In Good Spirits at the Bell House
The Manhattan Cocktail Classic is but a month away, but don't think that would stop me from pouring artisanal alcohol down my throat in the meantime. Thank god for Edible Brooklyn's Good Spirits event at the Bell House last night. Some of Kings County's most beloved restaurants--such as Fette Sau, No. 7, and the Vanderbilt--paired delicious eats with cocktails from small-batch distillers for a night I barely remember but I'm sure was quite pleasant.
Keith Wagstaff Revelers enjoy the Farm on Adderly's pork, beef, and lamb-blend meatballs.
The first thing I saw as I walked in the door was the familiar sight of bow-tied servers from Walter Foods handing out Blue Point oysters. The Williamsburg restaurant has one of the best raw bars in Brooklyn, and they quickly went through more than 500 oysters, which they paired with a Pimm's Cups made with Death's Door gin, which, according to their website, has been endorsed by Rachel Maddow. Sorry conservative Pimm's Cup fans!
Keith Wagstaff Mezcal Joven and sangrita chaser.
Anyway, as I squeezed my way through the immense crowd, I noticed a particularly long line waiting for a man who was intensely flipping tiny tortillas. It was the Park Slope spot Palo Santo serving the most popular dish of the night: tacos stuffed with boar covered in a rich and decadent mole negro, matched with shots of Illegal Mezcal Joven and a sangrita chaser. It's one of the few times in my food-writing career that a single, tiny sample at one of these huge events convinced me I absolutely must visit a restaurant I'd never been to before, G train be damned.
The night was just beginning. I spotted husband-and-wife duo Rae and Noah Bernamoff slicing up some serious smoked meat from their newly opened Montreal-style spot Mile End, which went perfectly with the Rick's Picks that one pleasant lady was carrying around on a tray. Fette Sau's Duroc pork belly, served on a polenta crisp, was as fatty and delicious as expected, and went well with the Gardiner (Hudson Corn Whiskey, lime juice and simple syrup). The Vanderbilt, Saul Bolton's relatively new gastrolounge, was serving some killer beef jerky, a spicy and tender treat that I could have eaten five pounds of.

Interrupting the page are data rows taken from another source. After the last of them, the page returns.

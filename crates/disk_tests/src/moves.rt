//! Logs of before that move into the second area: stopped at each call of the disk, once and twice, and with each call failing.

use crate::logs::{count_entries, disk_with};
use edit_log::LogFault;
use febe_data::List;
use green_fakes::MemoryDisk;
use green_io::{Area, Disk};
use std::alloc::Global;
use std::process::Abort;
use std::test::Fail;

/// A document, a text in it, and that it is published, as they were logged before edits had moments.
const BEFORE: [u8; 162] = [
    1, 0, 0, 0, 43, 1, 0, 0, 0, 0, 0, 0, 0, 1, 0, 0, 0, 0, 0, 0, 0, 3, 1, 6, 0, 0, 0, 1, 0, 0, 0,
    1, 0, 0, 0, 0, 0, 0, 0, 1, 0, 0, 0, 0, 0, 0, 0, 1, 1, 0, 0, 0, 60, 1, 0, 0, 0, 0, 0, 0, 0, 1,
    0, 0, 0, 0, 0, 0, 0, 4, 4, 6, 0, 0, 0, 1, 0, 0, 0, 1, 0, 0, 0, 0, 0, 0, 0, 1, 0, 0, 0, 0, 0, 0,
    0, 1, 0, 0, 0, 1, 0, 0, 0, 1, 0, 0, 0, 5, 104, 101, 108, 108, 111, 1, 0, 0, 0, 43, 1, 0, 0, 0,
    0, 0, 0, 0, 1, 0, 0, 0, 0, 0, 0, 0, 5, 9, 6, 0, 0, 0, 1, 0, 0, 0, 1, 0, 0, 0, 0, 0, 0, 0, 1, 0,
    0, 0, 0, 0, 0, 0, 1, 0,
];

/// The same three in the second area, each with the moment 0.
const AFTER: [u8; 203] = [
    1, 1, 0, 0, 0, 0, 0, 0, 0, 51, 2, 0, 0, 0, 0, 0, 0, 0, 0, 0, 0, 0, 0, 0, 0, 0, 1, 0, 0, 0, 0,
    0, 0, 0, 3, 1, 6, 0, 0, 0, 1, 0, 0, 0, 1, 0, 0, 0, 0, 0, 0, 0, 1, 0, 0, 0, 0, 0, 0, 0, 1, 1, 0,
    0, 0, 0, 0, 0, 0, 72, 2, 0, 0, 0, 0, 0, 0, 0, 0, 0, 0, 0, 0, 0, 0, 0, 1, 0, 0, 0, 0, 0, 0, 0,
    4, 4, 6, 0, 0, 0, 1, 0, 0, 0, 1, 0, 0, 0, 0, 0, 0, 0, 1, 0, 0, 0, 0, 0, 0, 0, 1, 0, 0, 0, 1, 0,
    0, 0, 1, 0, 0, 0, 0, 0, 0, 0, 5, 104, 101, 108, 108, 111, 1, 0, 0, 0, 0, 0, 0, 0, 51, 2, 0, 0,
    0, 0, 0, 0, 0, 0, 0, 0, 0, 0, 0, 0, 0, 1, 0, 0, 0, 0, 0, 0, 0, 5, 9, 6, 0, 0, 0, 1, 0, 0, 0, 1,
    0, 0, 0, 0, 0, 0, 0, 1, 0, 0, 0, 0, 0, 0, 0, 1, 0,
];

/// More calls than are made by a move of three entries.
const CALLS: u64 = 40;

/// The disk is opened with the three entries, which are in the second area then, and nowhere else.
fn check_moved(
    rt: &impl Abort,
    alloc: Global,
    disk: &mut MemoryDisk,
    at: (u64, u64),
) -> Result<(), Fail> {
    assert_eq!(rt; count_entries(alloc, disk), Ok(3), "at {at:?}");
    assert!(rt; disk.area(Area::Second) == AFTER.as_slice(), "at {at:?}");
    assert!(rt; disk.area(Area::Log).is_empty(), "at {at:?}");
    Ok(())
}

/// Each image of these picks once so many calls have returned is opened so.
fn check_stopped(
    rt: &impl Abort,
    alloc: Global,
    disk: &MemoryDisk,
    moment: u64,
    picks: u64,
) -> Result<(), Fail> {
    for pick in 0..picks {
        let mut image = disk.crash(moment, pick)?;
        check_moved(rt, alloc, &mut image, (moment, pick))?;
    }
    Ok(())
}

/// So it is at each moment of an opening that was made of the image, which is opened to its end here, for one pick.
fn check_stopped_again(
    rt: &impl Abort,
    alloc: Global,
    image: &mut MemoryDisk,
    at: (u64, u64),
) -> Result<(), Fail> {
    check_moved(rt, alloc, image, at)?;
    let (first, pick) = at;
    for moment in 0..CALLS {
        let other = first.wrapping_add(pick).wrapping_add(moment) % 16;
        let mut again = image.crash(moment, other)?;
        check_moved(rt, alloc, &mut again, (moment, other))?;
    }
    Ok(())
}

#[test]
fn a_move_is_stopped_at_each_call(rt: HostRuntime) -> Result<(), Fail> {
    let alloc = rt.alloc();
    let mut disk = disk_with(alloc, Area::Log, BEFORE.as_slice())?;
    check_moved(&rt, alloc, &mut disk, (0, 0))?;
    // The first call writes the log of before, the second one makes it stable.
    for moment in 2..CALLS {
        check_stopped(&rt, alloc, &disk, moment, 16)?;
    }
    Ok(())
}

/// Stops twice, first at each third moment from this one on.
fn check_twice(rt: &impl Abort, alloc: Global, from: u64) -> Result<(), Fail> {
    let mut disk = disk_with(alloc, Area::Log, BEFORE.as_slice())?;
    check_moved(rt, alloc, &mut disk, (0, 0))?;
    for moment in 2..CALLS {
        for pick in 0..16u64 {
            if moment % 3 == from {
                let mut image = disk.crash(moment, pick)?;
                check_stopped_again(rt, alloc, &mut image, (moment, pick))?;
            }
        }
    }
    Ok(())
}

#[test]
fn a_move_is_stopped_twice_first(rt: HostRuntime) -> Result<(), Fail> {
    check_twice(&rt, rt.alloc(), 0)
}

#[test]
fn a_move_is_stopped_twice_second(rt: HostRuntime) -> Result<(), Fail> {
    check_twice(&rt, rt.alloc(), 1)
}

#[test]
fn a_move_is_stopped_twice_third(rt: HostRuntime) -> Result<(), Fail> {
    check_twice(&rt, rt.alloc(), 2)
}

/// A disk with the log of before, of which one call fails.
fn disk_failing(alloc: Global, call: u64) -> Result<MemoryDisk, Fail> {
    let mut disk = MemoryDisk::new(alloc, List::from_slice(alloc, &[call])?);
    let written = disk.write(Area::Log, 0, BEFORE.as_slice());
    written.ok().ok_or("the first call fails")?;
    Ok(disk)
}

/// Where a call fails the log is not opened, and is opened then. Tells whether the call was made.
fn check_failing(rt: &impl Abort, alloc: Global, call: u64) -> Result<bool, Fail> {
    let mut disk = disk_failing(alloc, call)?;
    let told = count_entries(alloc, &mut disk);
    if disk.faults() == 0 {
        assert!(rt; told == Ok(3));
        return Ok(false);
    }
    assert!(rt; told == Err(LogFault::Disk), "at {call}");
    check_moved(rt, alloc, &mut disk, (call, 0))?;
    Ok(true)
}

#[test]
fn each_call_of_a_move_fails(rt: HostRuntime) -> Result<(), Fail> {
    let mut calls: u64 = 0;
    for call in 2..CALLS {
        if !check_failing(&rt, rt.alloc(), call)? {
            break;
        }
        calls = calls.saturating_add(1);
    }
    // Two syncs, a cut, a byte and three entries, and each of these made stable, at least.
    assert!(rt; calls > 12 && calls < CALLS - 2);
    Ok(())
}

I needed a pick-me-up so I went over to talk to the tattooed and smiling Theresa von Fuchs of Dallis Coffee, who served me the strangely epic-sounding Mocha Highland Rebellion, a mix of espresso, whiskey, half and half, chocolate foam, and grated cacao nibs. I checked to make sure my heart hadn't exploded and then moved on to the Farm on Adderly's pork, beef, and lamb-blend meatballs, skewered along with roasted parsnip and pickled fennel.

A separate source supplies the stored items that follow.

//! The answers of clocks.

use green_fakes::MemoryClock;
use green_io::{Clock, SystemClock};
use std::process::Abort;

/// A clock's next answer.
fn ask<C: Clock>(clock: &mut C) -> u64 {
    clock.now()
}

/// Checks the first answers of a clock in memory.
fn check_answers(rt: &impl Abort, start: u64, step: u64, answers: [u64; 3]) {
    let mut clock = MemoryClock::new(start, step);
    for wanted in answers {
        assert_eq!(rt; ask(&mut clock), wanted, "from {start} by {step}");
    }
}

#[test]
fn first_answers_in_memory(rt: HostRuntime) {
    for (start, step, answers) in [
        (1000, 1, [1000, 1001, 1002]),
        (7, 0, [7, 7, 7]),
        (u64::MAX - 3, 2, [u64::MAX - 3, u64::MAX - 1, u64::MAX]),
        (5, u64::MAX, [5, u64::MAX, u64::MAX]),
    ] {
        check_answers(&rt, start, step, answers);
    }
}

// It may go back, so all that is asked is that each answer is one of this age.
#[test]
fn the_time_of_the_system(rt: HostRuntime) {
    let mut clock = SystemClock::new(rt);
    assert!(rt; ask(&mut clock) > 1_700_000_000_000);
    assert!(rt; ask(&mut clock) > 1_700_000_000_000);
}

The cocktail of the evening? That would be the rose petal gin, Campari, and Chartreuse, a refreshingly clean and simple reprieve from the unusually warm night. Tipsy and with my belly full of more species of animals than should be consumed in a single evening, I said my goodbyes to the good folks at Edible Brooklyn, my bartender from Spuyten Duyvil, and other assorted foodies of good standing and waddled out into the warm night.